身后是她轻弱的声音,带着一丝奢望:“沈公子往后还会来看我吗?”
沈初黛只当陆箐然是被关在这万宝殿无聊寂寞,便答道:“你且耐心等待着,不出三日舍妹便会放你出来。”
陆箐然抬起头,怔愣地看着对方纤瘦的背影离开,她眼泪从眼眶中不住留下来。
沈公子还是怪她的吧。
——
【时间线:皇帝死后第五日】(第四世)
在沈初黛的强烈要求下,女皇选秀大典终于轰轰烈烈地开展起来,她坐在龙辇中进入殿中,遥遥望去两列的秀男队伍排得长长地。
沈初黛美滋滋地坐上首座,微扬着下颌看着各色的美男子,心头一阵畅快。
参加了三次选秀,总算她也有一回成这选秀的“总评委”了!
早听说京中美男子甚多,可她两年内鲜少出门,便是出门了也带着那个破帷帽,路都看不清,别说人脸了,这京里头的男子的脸和名字她都没对全呢。

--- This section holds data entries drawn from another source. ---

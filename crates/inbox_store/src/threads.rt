//! The store can be moved and lent to threads.

use crate::LetterStore;

fn crosses_threads<T: Send + Sync>() {}

fn store_crosses_threads() {
    crosses_threads::<LetterStore>();
}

第一个出来的户部侍郎朱大人的儿子,这朱公子肥头大耳的,一身的绫罗绸缎,肥硕地手指上戴着价值不菲的戒指。
沈初黛一眼瞧过去便知这户部油水真是肥厚,心里头打着小算盘,往后定要将自己的人暗插进去,分一杯羹去!
那朱公子摆明了是个上进的,可惜心里一点比数都没有,一上来便抛了个媚眼,把她反胃的不行,还未来得及说话便被赐了花,带出了殿。

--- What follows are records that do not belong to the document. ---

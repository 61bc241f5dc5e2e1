ghost use Rattle.std.specs.Prelude.{◌≡◌, ◌≢◌, ◌+◌, ◌-◌, ◌<◌, ◌≤◌, ◌++◌, ◌∷◌, ℕ, [], length, reverse, vec_len, vec_capacity, OnOk, OnErr};
ghost use Rattle.std.specs.List.{sum_by};
ghost use Rattle.inbox_store.specs.Chains.{chain_of, newest, walk, letters_at, IsIn, IsSound, Grows, Shifts, shifted_nodes, shifted_chains};

use actor_trait::{Letter, Payload};
use sim_base::{ActorId, Memory, Roomy};

/// A letter, and the node after it in its list.
#[derive(Clone, Copy)]
pub(crate) struct Node {
    letter: Letter,
    next: usize,
}

/// Where a list begins, and how many nodes it has. The list 0 holds the free nodes, and the list
/// `id + 1` the letters to `id`, the newest first.
#[derive(Clone, Copy)]
pub(crate) struct Chain {
    head: usize,
    pub(crate) count: usize,
}

/// A list without nodes.
const EMPTY: Chain = Chain { head: 0, count: 0 };

/// What a node holds that had no letter yet.
const BLANK: Letter = Letter {
    to: ActorId(0),
    from: ActorId(0),
    serial: 0,
    payload: Payload {
        code: 0,
        a: 0,
        b: 0,
    },
};

/// How many nodes are free.
fn free_count(chains: &[Chain]) -> usize
    ensures { result ≡ (chain_of chains.now 0).count }
{
    match chains.first() {
        Some(free) => free.count,
        None => 0,
    }
}

/// One free node more.
fn add_node(nodes: &mut Vec<Node>, chains: &mut Vec<Chain>)
    requires sound { IsSound nodes.old.items chains.old.items }
    requires some { 0 < length chains.old.items }
    requires room { vec_len nodes.old < vec_capacity nodes.old }
    ensures grows { Grows nodes.old.items chains.old.items nodes.new.items chains.new.items }
    ensures len { vec_len nodes.new ≡ vec_len nodes.old + 1 }
    ensures capacity { vec_capacity nodes.new ≡ vec_capacity nodes.old }
{
    let at = nodes.len();
    let Chain { head, count } = chains[0];
    nodes.push_reserved(Node {
        letter: BLANK,
        next: head,
    });
    chains[0] = Chain {
        head: at,
        count: count + 1,
    };
}

/// So many free nodes more.
fn add_free(nodes: &mut Vec<Node>, chains: &mut Vec<Chain>, more: usize)
    requires sound { IsSound nodes.old.items chains.old.items }
    requires some { 0 < length chains.old.items }
    requires room { vec_len nodes.old + more ≤ vec_capacity nodes.old }
    ensures sound { IsSound nodes.new.items chains.new.items }
    ensures others { (c : ℕ) → c ≢ 0 → newest nodes.new.items chains.new.items c ≡ newest nodes.old.items chains.old.items c }
    ensures free { (chain_of chains.new.items 0).count ≡ (chain_of chains.old.items 0).count + more }
    ensures size { length chains.new.items ≡ length chains.old.items }
{
    for _ in 0..more {
        add_node(nodes, chains);
    }
}

/// At least so many lists; the new ones are empty. Err is want of memory, and changes nothing.
fn add_lists(chains: &mut Vec<Chain>, lists: usize) -> Result<(), Memory>
    ensures same { (c : ℕ) → chain_of chains.new.items c ≡ chain_of chains.old.items c }
    ensures sum { sum_by (λ e. e.count) chains.new.items ≡ sum_by (λ e. e.count) chains.old.items }
    ensures enough { OnOk result (lists ≤ length chains.new.items) }
    ensures keeps { length chains.old.items ≤ length chains.new.items }
    ensures refused { OnErr result (chains.new.items ≡ chains.old.items) }
{
    if chains.len() < lists {
        chains.resize(lists, EMPTY)?;
    }
    Ok(())
}

/// At least so many free nodes, and so many lists. Err is want of memory, and changes nothing.
pub(crate) fn grow(
    nodes: &mut Vec<Node>,
    chains: &mut Vec<Chain>,
    free: usize,
    lists: usize,
) -> Result<(), Memory>
    requires sound { IsSound nodes.old.items chains.old.items }
    requires some { 0 < lists }
    ensures sound { IsSound nodes.new.items chains.new.items }
    ensures others { (c : ℕ) → c ≢ 0 → newest nodes.new.items chains.new.items c ≡ newest nodes.old.items chains.old.items c }
    ensures room { OnOk result (free ≤ (chain_of chains.new.items 0).count) }
    ensures enough { OnOk result (lists ≤ length chains.new.items) }
    ensures free { (chain_of chains.old.items 0).count ≤ (chain_of chains.new.items 0).count }
    ensures keeps { length chains.old.items ≤ length chains.new.items }
    ensures refused { OnErr result ((nodes.new.items ≡ nodes.old.items) × (chains.new.items ≡ chains.old.items)) }
{
    let more = free.saturating_sub(free_count(chains));
    nodes.reserve(more)?;
    add_lists(chains, lists)?;
    add_free(nodes, chains, more);
    Ok(())
}

/// The first node of the list `from` becomes the first of the list `to`, with this letter.
fn shift(nodes: &mut Vec<Node>, chains: &mut Vec<Chain>, from: usize, to: usize, letter: Letter)
    requires apart { from ≢ to }
    requires from_in { from < length chains.old.items }
    requires to_in { to < length chains.old.items }
    requires some { 0 < (chain_of chains.old.items from).count }
    requires node_in { (chain_of chains.old.items from).head < length nodes.old.items }
    requires fits { (chain_of chains.old.items to).count + 1 ≤ length nodes.old.items }
    ensures nodes { nodes.new.items ≡ shifted_nodes nodes.old.items chains.old.items from to letter }
    ensures chains { chains.new.items ≡ shifted_chains nodes.old.items chains.old.items from to }
{
    let Chain { head: at, count } = chains[from];
    let Chain {
        head: below,
        count: size,
    } = chains[to];
    let next = nodes[at].next;
    nodes[at] = Node {
        letter,
        next: below,
    };
    chains[from] = Chain {
        head: next,
        count: count - 1,
    };
    chains[to] = Chain {
        head: at,
        count: size + 1,
    };
}

/// The same, where the nodes and lists are sound: each other list stays.
pub(crate) fn move_front(
    nodes: &mut Vec<Node>,
    chains: &mut Vec<Chain>,
    from: usize,
    to: usize,
    letter: Letter,
)
    requires sound { IsSound nodes.old.items chains.old.items }
    requires apart { from ≢ to }
    requires from_in { from < length chains.old.items }
    requires to_in { to < length chains.old.items }
    requires some { 0 < (chain_of chains.old.items from).count }
    ensures { Shifts nodes.old.items chains.old.items nodes.new.items chains.new.items from to letter }
{
    shift(nodes, chains, from, to, letter);
}

/// All nodes of a list become free.
fn empty(nodes: &mut Vec<Node>, chains: &mut Vec<Chain>, list: usize)
    requires sound { IsSound nodes.old.items chains.old.items }
    requires used { list ≢ 0 }
    requires list_in { list < length chains.old.items }
    ensures sound { IsSound nodes.new.items chains.new.items }
    ensures emptied { newest nodes.new.items chains.new.items list ≡ [] }
    ensures others { (c : ℕ) → c ≢ 0 → c ≢ list → newest nodes.new.items chains.new.items c ≡ newest nodes.old.items chains.old.items c }
    ensures free { (chain_of chains.new.items 0).count ≡ (chain_of chains.old.items 0).count + length (newest nodes.old.items chains.old.items list) }
    ensures size { length chains.new.items ≡ length chains.old.items }
    ensures whole { length nodes.new.items ≡ length nodes.old.items }
{
    while chains[list].count > 0 {
        let letter = nodes[chains[list].head].letter;
        move_front(nodes, chains, list, 0, letter);
    }
}

/// All nodes of all lists become free.
pub(crate) fn empty_all(nodes: &mut Vec<Node>, chains: &mut Vec<Chain>)
    requires sound { IsSound nodes.old.items chains.old.items }
    ensures sound { IsSound nodes.new.items chains.new.items }
    ensures emptied { (c : ℕ) → c ≢ 0 → newest nodes.new.items chains.new.items c ≡ [] }
    ensures size { length chains.new.items ≡ length chains.old.items }
    ensures whole { length nodes.new.items ≡ length nodes.old.items }
{
    for used in 1..chains.len() {
        empty(nodes, chains, used);
    }
}

/// The letters of a list, the newest first.
fn copy_out(nodes: &[Node], chain: Chain, into: &mut Roomy<Letter>)
    requires room { chain.count ≤ into.old.spare }
    requires inside { (x : ℕ) → IsIn x (walk nodes.now chain.count chain.head) → x < length nodes.now }
    ensures taken { into.new.list ≡ into.old.list ++ letters_at nodes.now (walk nodes.now chain.count chain.head) }
    ensures spare { into.new.spare + chain.count ≡ into.old.spare }
{
    let mut at = chain.head;
    let mut left = chain.count;
    while left > 0 {
        let Node { letter, next } = nodes[at];
        into.add(letter);
        at = next;
        left -= 1;
    }
}

/// The letters of a list, the oldest first; its nodes become free.
pub(crate) fn drain(
    nodes: &mut Vec<Node>,
    chains: &mut Vec<Chain>,
    list: usize,
    into: &mut Roomy<Letter>,
)
    requires sound { IsSound nodes.old.items chains.old.items }
    requires used { list ≢ 0 }
    requires list_in { list < length chains.old.items }
    requires room { length (newest nodes.old.items chains.old.items list) ≤ into.old.spare }
    ensures sound { IsSound nodes.new.items chains.new.items }
    ensures emptied { newest nodes.new.items chains.new.items list ≡ [] }
    ensures others { (c : ℕ) → c ≢ 0 → c ≢ list → newest nodes.new.items chains.new.items c ≡ newest nodes.old.items chains.old.items c }
    ensures free { (chain_of chains.new.items 0).count ≡ (chain_of chains.old.items 0).count + length (newest nodes.old.items chains.old.items list) }
    ensures size { length chains.new.items ≡ length chains.old.items }
    ensures taken { into.new.list ≡ into.old.list ++ reverse (newest nodes.old.items chains.old.items list) }
    ensures spare { into.new.spare + length (newest nodes.old.items chains.old.items list) ≡ into.old.spare }
{
    let at = into.len();
    let chain = chains[list];
    copy_out(nodes.as_slice(), chain, into);
    into.reverse_from(at);
    empty(nodes, chains, list);
}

好在这京城里人杰地灵,美男子也是不少,好好得让她洗了个眼睛。
只是她不自觉得将他们与陆时鄞比较。
这个眼睛没陆时鄞好看,八点五分,赐花!
那个怎么比陆时鄞还瘦弱,七点五分,赐花!
这个笑起来没陆时鄞温柔,八点九九分,赐花!
那个头发没陆时鄞的多,二十岁就秃成这样,负分滚粗!
待沈初黛反应过来的时候,哭着跑出去的秀男已经能从乾清宫排到御花园,一旁的歌七狂向她使眼色:“陛下,选秀进程已经过了一半,您一个牌子还没留呢。”
“哦——”
沈初黛随便点了下,下面那个进来的丑男,“就他了,留牌子!”
这话一出来方才的被赐花的秀男们皆是不敢置信地看了过去,只见那男子丑得别致、丑得惊人。

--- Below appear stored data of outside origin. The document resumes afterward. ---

//! The letters of a moment: for each recipient a list, all of them linked by index through one vector
//! that is used again from moment to moment. Once room is reserved, putting a letter and draining a
//! list take no memory.
#![tactic(auto)]

mod chains;
mod letter_store;
mod threads;

pub use letter_store::LetterStore;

皮肤有黑炭那般黑,上头还有密密麻麻的麻子,一双眯缝眼几乎要睁不开,唇肿得像是被马蜂蜇过。
众秀男:……
陛下的口味这么特别吗?!
歌七洪亮地报出丑男的名字:“柳让,留牌子!”
众人这才知晓那丑男竟然是柳让,柳让才名盛满京城,虽不算是什么惊人的美男子,但也能称个白净斯文,如今这般打扮应是想故意落选了,没成想正好迎合了陛下的口味。
柳让也是愣在原地,几乎要崩溃地哭出来。
他都牺牲成这样了,她竟然还是不肯放过他!
沈小姐不愧是被他称为“魔鬼”的女人,每一次见面他都感受到她别出心裁的变态。
柳让默默抹了把泪:“陛下,您看上臣哪点了,您说出来臣改便是!”
沈初黛笑眯眯地道:“朕喜欢你活着。”
柳让:……
我恨!
沈初黛继续笑眯眯地道:“怎么,你不喜欢吗?”
魔鬼,这就是□□\\裸的威胁!!
柳让支吾了半天:“陛下,臣其实也蛮喜欢臣这一点地。”
他想想今后即将面临的悲惨生活,扑通一声跪下来欲哭无泪地道:“可是陛下,臣已经有喜欢的女子了,求您放过臣吧,强扭的瓜它不甜呀!”
“朕都没嫌弃你是个丑倭瓜。”
沈初黛拿起一旁托盘上的牌子扔在他脚边,极为霸道总裁地道:“就这样,听我的,都听我的!”